The notice released yesterday also offered hints that alterations could become part of the approach to replace the power plant rule.

"Over the years, some stakeholders have expressed concerns that NSR regulations do not adequately allow for some sources to undertake changes to improve their operational efficiency without being ‘penalized’ by having to get a major NSR permit," the notice said. "In the context of [electricity generating units], stakeholders have asserted that heat rate improvement projects could result in greater unit availability and increase in dispatching, which under the NSR program might translate into projected increases in emissions that trigger major NSR permitting."

Focus on heat rate improvements

Yesterday’s document also seeks comment on the potential for additional heat rate improvements.

A power plant’s efficiency is often referred to as its heat rate. A low heat rate means a plant is an efficient producer of power, using less energy to generate electricity and producing fewer emissions as a result. A high heat rate, by contrast, means just the opposite.

Heat rate improvements were one of the three proposed emission reduction strategies outlined in the final version of the Clean Power Plan released under Obama. EPA initially targeted a 6 percent improvement in heat rate efficiency for coal plants in the draft rule. The agency later reduced that target to account for regional discrepancies in the age of plants and the type of coal they burn. Older, less efficient plants in the eastern U.S. that generally burn a dirtier form of coal were given a target of 4.1 percent; the West’s younger and, by comparison, cleaner coal plants were given a target of 2.1 percent.

Experts say it is not entirely clear how much more can be done to improve coal plant efficiency, at least not without dramatically raising plants’ costs.
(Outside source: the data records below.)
//! Readers that give bytes one by one, are interrupted or fail, and writers that take few bytes or
//! fail: what a dump makes of them.
use crate::dumps::{FIRST, SECOND, WHOLE, dump_of_four, four_pages};
use crate::rows::row_holds;
use std::alloc::Global;
use std::process::Abort;
use test_kit::{
    BrokenReader, CountingReader, FullWriter, MarkingWriter, TrickleReader, are_equal, replica,
};
use warm_dump::{DUMP_READ_SIZE, DumpError, DumpFault, read_dump, write_dump};

#[test]
fn a_dump_may_come_in_bytes(rt: HostRuntime) {
    let text = dump_of_four(&rt, rt.alloc());
    let mut reader = TrickleReader::new(&text);
    let read = read_dump(rt.alloc(), &mut reader).expect(&rt, "a dump");
    assert!(rt; are_equal(&read, &four_pages(&rt, rt.alloc())));
}

// Why a reader is refused that gives this number of bytes and then fails.
fn broken_after(alloc: Global, text: &[u8], len: usize) -> Option<DumpError> {
    let (begin, _) = text.split_at(len.min(text.len()));
    let mut reader = BrokenReader::new(begin);
    read_dump(alloc, &mut reader).err()
}

// How many bytes come before the reader fails, and where the whole frames among them end.
const BREAKS: [(usize, usize); 8] = [
    (0, 0),
    (1, 0),
    (95, 0),
    (FIRST, FIRST),
    (149, FIRST),
    (SECOND, SECOND),
    (2216, SECOND),
    (WHOLE, WHOLE),
];

#[test]
fn a_failed_read_is_a_read_fault(rt: HostRuntime) {
    let text = dump_of_four(&rt, rt.alloc());
    for (len, at) in BREAKS {
        let at = at as u64;
        let fault = DumpFault::ReadFault;
        let broken = broken_after(rt.alloc(), &text, len);
        row_holds(&rt, len, broken == Some(DumpError { at, fault }));
    }
}

#[test]
fn a_read_asks_for_65_536_bytes(rt: HostRuntime) {
    let text = dump_of_four(&rt, rt.alloc());
    let mut reader = CountingReader::new(&text);
    let read = read_dump(rt.alloc(), &mut reader).expect(&rt, "a dump");
    assert!(rt; read.len() == 4);
    assert!(rt; reader.most() == 65_536 && DUMP_READ_SIZE == 65_536);
}

fn written_in(rt: &impl Abort, alloc: Global, left: usize) -> Result<(), DumpFault> {
    let mut writer = FullWriter::new(left);
    write_dump(alloc, &mut writer, replica(1), &four_pages(rt, alloc))
}

// Each write may fail, and after the last one the flush.
#[test]
fn a_failed_write_is_a_write_fault(rt: HostRuntime) {
    for left in 0..=WHOLE {
        let written = written_in(&rt, rt.alloc(), left);
        row_holds(&rt, left, written == Err(DumpFault::WriteFault));
    }
    assert!(rt; written_in(&rt, rt.alloc(), 2218) == Ok(()));
}

#[test]
fn a_dump_is_flushed_last(rt: HostRuntime) {
    let mut writer = MarkingWriter::new(rt.alloc());
    let history = four_pages(&rt, rt.alloc());
    let written = write_dump(rt.alloc(), &mut writer, replica(1), &history);
    let want = dump_of_four(&rt, rt.alloc());
    assert!(rt; written == Ok(()));
    assert!(rt; writer.taken().strip_suffix(b"|") == Some(want.as_slice()));
}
While gas plants have seen their heat rate decrease by 7 percent between 2005 and 2016, coal plant heat rates increased by 1 percent, according to Energy Department data.

"The operating utilities, the power companies have really done a great job of harvesting that low-hanging fruit," Sam Korellis, principal project manager at the Electric Power Research Institute, told E&E News in October (Climatewire, Oct. 25).

"That’s how they’re staying alive, that’s how they’re staying competitive. So eight to nine years ago, there was much more available than there is today."

Foes prepare for legal fight

Green groups are gearing up for a legal fight against an efficiency-focused rule, as some trade groups praised the possibility of a Clean Power Plan reboot.

NRDC’s Doniger called a weaker replacement of the Clean Power Plan a "non-starter."

"Americans — who depend on EPA to protect their health and climate — deserve real solutions, not scams," he said in a statement.

While a final replacement rule and subsequent court battles are still a long way off, lawyers for environmental groups have already begun to craft their arguments. They note that a plan that has a limited impact on cutting carbon emissions would not stand up in court. They also argue that a limited plan for restricting emissions would not meet the Clean Air Act’s standard of implementing the "best standard of emissions reductions."

Vera Pardee, senior attorney for the Center for Biological Diversity, argues that technology improvements don’t necessarily have to be cheap to pass federal muster, just as long as they doesn’t break the industry financially (Climatewire, Oct. 25).

"The most frustrating thing about this is that the ANPR asks precisely the questions that have been fully litigated and briefed and are pending before the D.C. Circuit," Pardee said.

She noted that EPA under the Trump administration had worked to prevent the D.C. Circuit from deciding the case.

"It makes it absolutely clear the agenda is to do as little as possible," she said.

Reporter Benjamin Storrow contributed.